The funny thing is, that's usually all of the same stuff I do.
They seem happy in the moment and then when the meet-up is over they go: Okay, see you!
And just kinda go without actually becoming friends.

Its just interesting to me because back in high school hanging out for a day usually meant you got that person's phone number and you'd be texting back and fourth for a week or so. If it kept going, you became friends. If it tapered off, no big deal.

I almost feel like I've become boring over the years.
GreenReaper
9 years, 5 months ago
Maybe you just want different things out of your interactions than they do? Personally, I enjoy my time at furmeets, but I don't necessarily want to talk with all or even any of the people I meet there all the time. I have a busy life and lots of other stuff to do. I'm glad that we could share a happy moment together.

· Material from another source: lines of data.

//! The board: what an engine keeps of a history in memory, for its calls and questions.
ghost use Rattle.std.specs.Prelude.{◌≡◌, ◌+◌, ◌-◌, ◌^◌, ◌<◌, ◌≤◌, List, [], length, slice_get};
ghost use Rattle.std.specs.Prelude.{IfOk, IfSome, IsNone, MatchOption, option_map};
ghost use Rattle.btr_hist.specs.declared.entry.Entry.{Entry as EntrySpec};
ghost use Rattle.btr_hist.specs.History.{ids, stream_of, spec_of, read_by};
ghost use Rattle.btr_streams.specs.Past.{stream_numbers};
ghost use Rattle.btr_streams.specs.Board.{IsBoardOf, HasStreamsOf, HasVersion, IsTreeOf, latest_of, read_at, versions_in};
ghost use Rattle.btr_streams.specs.Snapshot.{IsSnapshotOf};

use crate::snapshot::Snapshot;
use btr_board::{Index, Trail};
use btr_hist::{Reads, Rejection, Spec};
use btr_tree::{NewNode, Tree};
use std::alloc::AllocError;
use std::marker::Model;

/// Why an entry was not staged. The board is as before.
#[derive(Clone, Copy, PartialEq, Eq)]
pub enum PushFault {
    /// The entry may not follow the history.
    Rejected(Rejection),

    /// There was not enough memory.
    Want,
}

/// A stream: its id, the trees of all its versions, from version 0 on, and if it is an output its spec and what its versions have
/// read, from version 1 on. A plain stream has no reads. And the numbers of the entries that made the versions, from version 0 on,
/// and the first version that is not retired, 0 if none is. The trees of retired versions are kept.
#[derive(Drop)]
pub(crate) struct Stream {
    pub(crate) id: u128,
    pub(crate) spec: Option<Spec>,
    pub(crate) trees: Trail<Tree>,
    pub(crate) reads: Trail<Reads>,
    pub(crate) numbers: Trail<u64>,
    pub(crate) earliest: u64,
}

impl Model for Stream {
    ghost use Rattle.std.specs.Coded.{codes};
    ghost use Rattle.btr_tree.specs.contracts.tree.Tree as tree_contract;
    ghost use Rattle.btr_streams.specs.Board.{Versions};

    ghost Value = { Versions };

    ghost coded = { Prim.hlevel (codes, tree_contract.the_row.coded) };

    ghost view = { λ s. record {
      id = s.id;
      spec = s.spec;
      trees = s.trees;
      reads = s.reads;
      numbers = s.numbers;
      earliest = s.earliest;
    } };
}

/// What a history's answers and tests need: of each stream the id, the spec, the tree of each version, what it has read, the number
/// of the entry that made it, and the first version that is not retired; and the number of entries. The entries themselves are not kept.
/// Each of them is accepted after those before it.
///
/// A board is a value: [`Board::stage`] makes the next board and shares with this one all that does not change.
#[derive(Drop)]
pub struct Board {
    pub(crate) streams: Trail<Stream>,

    /// The readers of each stream: the numbers of the outputs that have it as an input, in order of creation, each once.
    pub(crate) readers: Trail<Trail<u32>>,
    pub(crate) numbers: Index,
    pub(crate) entries: u64,
}

impl Model for Board {
    ghost use Rattle.std.specs.Coded.{codes};
    ghost use Rattle.btr_board.specs.Numbers.{number_of};
    ghost use Rattle.btr_tree.specs.contracts.tree.Tree as tree_contract;
    ghost use Rattle.btr_streams.specs.Board.{Kept, IsWellFormed};

    ghost Value = { Kept };

    ghost coded = { Prim.hlevel (codes, tree_contract.the_row.coded) };

    ghost view = { λ b. record { streams = b.streams; entries = b.entries } };

    ghost invariant = { λ b. IsWellFormed b.streams (number_of b.numbers) b.readers };
}

/// The receipt of an entry that was accepted. On a device the entry is durable.
#[derive(Clone, Copy, PartialEq, Eq)]
pub struct Receipt {
    /// The number of entries, with this one.
    pub number: u64,

    /// The number of its stream.
    pub stream: u32,

    /// The version of the stream that the entry made, 0 for a new stream and for a retirement.
    pub version: u64,
}

/// An entry that may follow the history of a board: the next board, the receipt, and what it writes. All its memory is taken.
#[derive(Drop)]
pub struct Staged {
    pub(crate) next: Board,

    /// The receipt of the entry.
    pub receipt: Receipt,

    /// The new nodes of its stream's tree, children before parents. An entry that makes no version has none.
    pub nodes: Vec<NewNode>,

    /// The block of the root of its stream's new tree, or 0 if there is none.
    pub root: u64,
}

impl Board {
    /// Returns the board of no entries. It takes no memory.
    pub fn empty() -> Board
        ensures { IsBoardOf [] result }
    {
        Board {
            streams: Trail::empty(),
            readers: Trail::empty(),
            numbers: Index::empty(),
            entries: 0,
        }
    }

    /// Returns the same board once more, in constant time. An `Err` means out of memory.
    pub fn share(&self) -> Result<Board, AllocError>
        ensures { IfOk result (λ b. b ≡ self.now) }
    {
        Ok(Board {
            streams: self.streams.share()?,
            readers: self.readers.share()?,
            numbers: self.numbers.share()?,
            entries: self.entries,
        })
    }

    /// Returns a snapshot of the history, in constant time. It answers questions, also in another thread while the board goes on.
    /// An `Err` means out of memory.
    pub fn admit(&self) -> Result<Snapshot, AllocError>
        ensures { (h : List EntrySpec) → IsBoardOf h self.now → IfOk result (IsSnapshotOf h) }
    {
        Snapshot::of(self)
    }

    /// Replaces this board by a staged one, and returns the receipt of its entry. The nodes are dropped. It takes no memory.
    pub fn accept(&mut self, staged: Staged) -> Receipt
        ensures next { self.new ≡ staged.next }
        ensures receipt { result ≡ staged.receipt }
    {
        let Staged { next, receipt, .. } = staged;
        *self = next;
        receipt
    }

    /// Returns the number of the stream with this id, if there is one: the first in order of creation. It costs logarithmic
    /// time and takes no memory.
    pub fn find(&self, id: u128) -> Option<u32>
        ensures of { (h : List EntrySpec) → IsBoardOf h self.now → result ≡ stream_of h id }
        ensures below { IfSome result (λ number. number < length self.now.streams) }
    {
        self.numbers.find(id)
    }

    /// Returns the id of a stream, or `None` if there is no such stream. It costs logarithmic time and takes no memory.
    pub fn id(&self, stream: u32) -> Option<u128>
        ensures { (h : List EntrySpec) → IsBoardOf h self.now → result ≡ slice_get (ids h) stream }
    {
        let kept = self.streams.get(stream as usize)?;
        Some(kept.id)
    }

    /// Returns the number of streams, in constant time. It takes no memory.
    pub fn streams(&self) -> u32
        ensures of { (h : List EntrySpec) → IsBoardOf h self.now → result ≡ length (ids h) }
        ensures kept { result ≡ length self.now.streams }
    {
        self.streams.len() as u32
    }

    /// Returns the latest version of a stream, which is the number of its commits, or `None` if there is no such stream. It
    /// costs logarithmic time and takes no memory.
    pub fn latest(&self, stream: u32) -> Option<u64>
        ensures of { (h : List EntrySpec) → IsBoardOf h self.now → result ≡ latest_of h stream }
        ensures known { (h : List EntrySpec) → HasStreamsOf h self.now → result ≡ latest_of h stream }
        ensures kept { result ≡ option_map (λ s. length s.trees - 1) (slice_get self.now.streams stream) }
        ensures few { IfSome result (λ version. version < 2 ^ 32) }
        ensures counted { IfSome result (λ version. versions_in self.now.streams stream ≡ version + 1) }
    {
        let kept = self.streams.get(stream as usize)?;
        Some((kept.trees.len() - 1) as u64)
    }

    /// Returns the tree of a version of a stream, or `None` if there is no such stream or version. A retired version has its tree.
    /// It costs logarithmic time and takes no memory.
    pub fn tree(&self, stream: u32, version: u64) -> Option<&Tree>
        ensures past { IsNone result → versions_in self.now.streams stream ≤ version }
        ensures of { (h : List EntrySpec) → IsBoardOf h self.now
            → MatchOption result (HasVersion h stream version → ⊥) (λ t. IsTreeOf h stream version t.now) }
    {
        let kept = self.streams.get(stream as usize)?;
        kept.trees.get(version as usize)
    }

    /// Returns the spec of an output. A plain stream, and a number that is not that of a stream, have none. It costs logarithmic
    /// time and takes no memory.
    pub fn spec(&self, stream: u32) -> Option<Spec>
        ensures { (h : List EntrySpec) → IsBoardOf h self.now → result ≡ spec_of h stream }
    {
        let kept = self.streams.get(stream as usize)?;
        kept.spec
    }

    /// Returns the versions of its inputs that a version of an output was computed from. Version 0, a version of a plain stream,
    /// and one that the stream does not have, have none. It costs logarithmic time and takes no memory.
    pub fn reads(&self, stream: u32, version: u64) -> Option<Reads>
        ensures { (h : List EntrySpec) → IsBoardOf h self.now → result ≡ read_by h stream version }
    {
        let kept = self.streams.get(stream as usize)?;
        read_at(&kept.reads, version)
    }

    /// Returns the number of the entry that made a version of a stream, counted from 1, or `None` if there is no such stream or
    /// version. Version 0 is made with the stream. It costs logarithmic time and takes no memory.
    pub fn number(&self, stream: u32, version: u64) -> Option<u64>
        ensures { (h : List EntrySpec) → IsBoardOf h self.now → result ≡ slice_get (stream_numbers h stream) version }
    {
        let kept = self.streams.get(stream as usize)?;
        kept.numbers.get(version as usize).copied()
    }

    /// Returns the number of entries, in constant time. It takes no memory.
    pub fn entries(&self) -> u64
        ensures { result ≡ self.now.entries }
    {
        self.entries
    }
}

/// Returns what a version has read, if the versions from 1 on have read these.
pub(crate) fn read_at(reads: &Trail<Reads>, version: u64) -> Option<Reads>
    ensures { result ≡ read_at reads.now version }
{
    if version == 0 {
        return None;
    }
    reads.get((version - 1) as usize).copied()
}

impl From<AllocError> for PushFault {
    ghost use Rattle.std.specs.Prelude.{◌≡◌};
    ghost use Rattle.btr_streams.specs.declared.board.PushFault.TheVariants.{Want};

    ghost from_gives = { λ _ e. e ≡ Want };

    fn from(_error: AllocError) -> PushFault {
        PushFault::Want
    }
}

Young people don't have families, or jobs, or really all that much to do outside of school. Social interaction is a big way to spend your time. But as we grow older, our schedule becomes fuller, and many would not seek to add more.
BroadwayBunny
9 years, 5 months ago
Yeah. It really just depends on the kind of person.
I don't expect everyone to suddenly want to be friends.
Just meeting one person at a meet would be enough. Most of the furmeets in my area all meet each other once a week. It's the same group every time. So if all of them meet up once a week to hang out and talk, wouldn't that technically mean they were friends?
GreenReaper
9 years, 5 months ago
There are limits to any friendship. Some people may be willing to be friends beyond merely meeting up and hanging out at arranged gatherings. But it takes time, and not everyone is interested. And, in fact, if they already meet once a week, they may wonder why you want to interact any more frequently. Once a month is more common.
BroadwayBunny
9 years, 5 months ago
Yeah. I guess I just got really used to clingy people then.
The people I used to make friends with wanted to hang out all of the time.
Maybe they just hated being alone.
BroadwayBunny
9 years, 5 months ago
Thanks for the advice by the way. I appreciate the fact that you took the time to write out your thoughts.